Exercise goal
Could you reproduce, word for word, everything below from the line containing "to the third." down to the line containing "(F32, Pointer |", with both of those lines included and no others?
*****
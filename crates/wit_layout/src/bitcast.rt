//! Casts between words of core types.

ghost use Rattle.std.specs.Prelude.{◌≡◌};
ghost use Rattle.wit_layout.specs.Cast.{cast};
ghost use Rattle.wit_layout.specs.Join.{join, AreInOrder};
ghost use Rattle.wit_layout.specs.CastBits.{ReadsBack};

use wit_model::WasmType;

/// How a word of one core type becomes a word of another. In the names `P` is a pointer, `L` a length and `P64` a
/// pointer or a word of 64 bits.
#[derive(Clone, Copy, Debug, PartialEq, Eq)]
pub enum Bitcast {
    None,
    I32ToI64,
    F32ToI32,
    F64ToI64,
    I64ToI32,
    I32ToF32,
    I64ToF32,
    I64ToF64,
    F32ToI64,
    I64ToP64,
    P64ToI64,
    PToP64,
    P64ToP,
    I32ToP,
    LToP,
    PToI32,
    LToI32,
    I32ToL,
    I64ToL,
    PToL,
    LToI64,
    /// The cast from the first type to the second, and then the cast from the second to the third.
    Sequence {
        from: WasmType,
        through: WasmType,
        to: WasmType,
    },
}

/// How a word of one core type is cast to another, of which one is the join of both, after `cast` of wit-bindgen-core.
pub fn cast(from: WasmType, to: WasmType) -> Bitcast
    requires { AreInOrder from to }
    ensures cast { result ≡ cast from to }
    ensures four { join from to ≡ to → ReadsBack 2 from to }
    ensures eight { join from to ≡ to → ReadsBack 3 from to }
{
    use WasmType::{F32, F64, I32, I64, Length, Pointer, PointerOrI64};
    match (from, to) {
        (I32, I64) => Bitcast::I32ToI64,
        (F32, I32) => Bitcast::F32ToI32,
        (F64, I64) => Bitcast::F64ToI64,
        (I64, I32) => Bitcast::I64ToI32,
        (I32, F32) => Bitcast::I32ToF32,
        (I64, F32) => Bitcast::I64ToF32,
        (I64, F64) => Bitcast::I64ToF64,
        (F32, I64) => Bitcast::F32ToI64,
        (I64, PointerOrI64) => Bitcast::I64ToP64,
        (PointerOrI64, I64) => Bitcast::P64ToI64,
        (Pointer, PointerOrI64) => Bitcast::PToP64,
        (PointerOrI64, Pointer) => Bitcast::P64ToP,
        (I32, Pointer) => Bitcast::I32ToP,
        (Length, Pointer) => Bitcast::LToP,
        (Pointer, I32) => Bitcast::PToI32,
        (Length, I32) => Bitcast::LToI32,
        (I32, Length) => Bitcast::I32ToL,
        (I64, Length) => Bitcast::I64ToL,
        (Pointer, Length) => Bitcast::PToL,
        (Length, I64) => Bitcast::LToI64,
        (F32, Pointer | Length) | (Pointer | Length, F32) => sequence(from, I32, to),
        (PointerOrI64, PointerOrI64) => Bitcast::None,
        (PointerOrI64, _) | (_, PointerOrI64) => sequence(from, I64, to),
        _ => Bitcast::None,
    }
}

fn sequence(from: WasmType, through: WasmType, to: WasmType) -> Bitcast
    ensures { result ≡ Bitcast.Sequence from through to }
{
    Bitcast::Sequence { from, through, to }
}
*****
Output
    /// The cast from the first type to the second, and then the cast from the second to the third.
    Sequence {
        from: WasmType,
        through: WasmType,
        to: WasmType,
    },
}

/// How a word of one core type is cast to another, of which one is the join of both, after `cast` of wit-bindgen-core.
pub fn cast(from: WasmType, to: WasmType) -> Bitcast
    requires { AreInOrder from to }
    ensures cast { result ≡ cast from to }
    ensures four { join from to ≡ to → ReadsBack 2 from to }
    ensures eight { join from to ≡ to → ReadsBack 3 from to }
{
    use WasmType::{F32, F64, I32, I64, Length, Pointer, PointerOrI64};
    match (from, to) {
        (I32, I64) => Bitcast::I32ToI64,
        (F32, I32) => Bitcast::F32ToI32,
        (F64, I64) => Bitcast::F64ToI64,
        (I64, I32) => Bitcast::I64ToI32,
        (I32, F32) => Bitcast::I32ToF32,
        (I64, F32) => Bitcast::I64ToF32,
        (I64, F64) => Bitcast::I64ToF64,
        (F32, I64) => Bitcast::F32ToI64,
        (I64, PointerOrI64) => Bitcast::I64ToP64,
        (PointerOrI64, I64) => Bitcast::P64ToI64,
        (Pointer, PointerOrI64) => Bitcast::PToP64,
        (PointerOrI64, Pointer) => Bitcast::P64ToP,
        (I32, Pointer) => Bitcast::I32ToP,
        (Length, Pointer) => Bitcast::LToP,
        (Pointer, I32) => Bitcast::PToI32,
        (Length, I32) => Bitcast::LToI32,
        (I32, Length) => Bitcast::I32ToL,
        (I64, Length) => Bitcast::I64ToL,
        (Pointer, Length) => Bitcast::PToL,
        (Length, I64) => Bitcast::LToI64,
        (F32, Pointer | Length) | (Pointer | Length, F32) => sequence(from, I32, to),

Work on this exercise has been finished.